» WHAT IS NEEDED: The records that follow are to be repeated without alteration.

.....

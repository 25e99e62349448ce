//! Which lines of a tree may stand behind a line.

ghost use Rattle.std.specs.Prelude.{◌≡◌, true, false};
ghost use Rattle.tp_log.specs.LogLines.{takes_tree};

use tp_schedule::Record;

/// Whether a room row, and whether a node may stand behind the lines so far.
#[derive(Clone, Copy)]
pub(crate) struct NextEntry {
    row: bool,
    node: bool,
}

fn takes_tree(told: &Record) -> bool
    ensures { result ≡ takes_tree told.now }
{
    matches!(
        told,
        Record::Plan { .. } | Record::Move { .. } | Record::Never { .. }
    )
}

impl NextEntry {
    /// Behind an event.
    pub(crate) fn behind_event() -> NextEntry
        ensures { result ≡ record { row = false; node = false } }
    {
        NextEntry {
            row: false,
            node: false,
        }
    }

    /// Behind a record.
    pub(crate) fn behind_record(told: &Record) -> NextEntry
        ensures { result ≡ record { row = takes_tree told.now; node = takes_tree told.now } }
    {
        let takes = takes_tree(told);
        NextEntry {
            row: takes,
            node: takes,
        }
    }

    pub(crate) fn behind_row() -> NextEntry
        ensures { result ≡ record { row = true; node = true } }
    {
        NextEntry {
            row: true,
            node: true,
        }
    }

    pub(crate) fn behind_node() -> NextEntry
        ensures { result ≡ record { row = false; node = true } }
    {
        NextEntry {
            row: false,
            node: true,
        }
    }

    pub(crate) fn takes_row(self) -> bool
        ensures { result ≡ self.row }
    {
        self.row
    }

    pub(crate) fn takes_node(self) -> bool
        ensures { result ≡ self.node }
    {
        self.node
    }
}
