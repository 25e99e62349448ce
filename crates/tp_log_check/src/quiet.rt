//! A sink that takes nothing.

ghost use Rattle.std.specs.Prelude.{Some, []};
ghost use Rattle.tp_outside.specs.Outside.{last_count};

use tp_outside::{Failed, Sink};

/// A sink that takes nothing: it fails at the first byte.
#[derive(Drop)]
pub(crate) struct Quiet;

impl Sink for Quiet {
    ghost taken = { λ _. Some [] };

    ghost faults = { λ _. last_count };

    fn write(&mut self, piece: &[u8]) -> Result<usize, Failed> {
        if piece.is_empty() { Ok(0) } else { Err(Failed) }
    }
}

.....

» OUTPUT BELOW:
repository 25e99e62349448ce
//! Which lines of a tree may stand behind a line.

ghost use Rattle.std.specs.Prelude.{◌≡◌, true, false};
ghost use Rattle.tp_log.specs.LogLines.{takes_tree};

use tp_schedule::Record;

/// Whether a room row, and whether a node may stand behind the lines so far.
#[derive(Clone, Copy)]
pub(crate) struct NextEntry {
    row: bool,
    node: bool,
}

fn takes_tree(told: &Record) -> bool
    ensures { result ≡ takes_tree told.now }
{
    matches!(
        told,
        Record::Plan { .. } | Record::Move { .. } | Record::Never { .. }
    )
}

impl NextEntry {
    /// Behind an event.
    pub(crate) fn behind_event() -> NextEntry
        ensures { result ≡ record { row = false; node = false } }
    {
        NextEntry {
            row: false,
            node: false,
        }
    }

    /// Behind a record.
    pub(crate) fn behind_record(told: &Record) -> NextEntry
        ensures { result ≡ record { row = takes_tree told.now; node = takes_tree told.now } }
    {
        let takes = takes_tree(told);
        NextEntry {
            row: takes,
            node: takes,
        }
    }

    pub(crate) fn behind_row() -> NextEntry
        ensures { result ≡ record { row = true; node = true } }
    {
        NextEntry {
            row: true,
            node: true,
        }
    }

    pub(crate) fn behind_node() -> NextEntry
        ensures { result ≡ record { row = false; node = true } }
    {
        NextEntry {
            row: false,
            node: true,
        }
    }

    pub(crate) fn takes_row(self) -> bool
        ensures { result ≡ self.row }
    {
        self.row
    }

    pub(crate) fn takes_node(self) -> bool
        ensures { result ≡ self.node }
    {
        self.node
    }
}
repository 25e99e62349448ce
filename crates/tp_log_check/src/quiet.rt
//! A sink that takes nothing.

ghost use Rattle.std.specs.Prelude.{Some, []};
ghost use Rattle.tp_outside.specs.Outside.{last_count};

use tp_outside::{Failed, Sink};

/// A sink that takes nothing: it fails at the first byte.
#[derive(Drop)]
pub(crate) struct Quiet;

impl Sink for Quiet {
    ghost taken = { λ _. Some [] };

    ghost faults = { λ _. last_count };

    fn write(&mut self, piece: &[u8]) -> Result<usize, Failed> {
        if piece.is_empty() { Ok(0) } else { Err(Failed) }
    }
}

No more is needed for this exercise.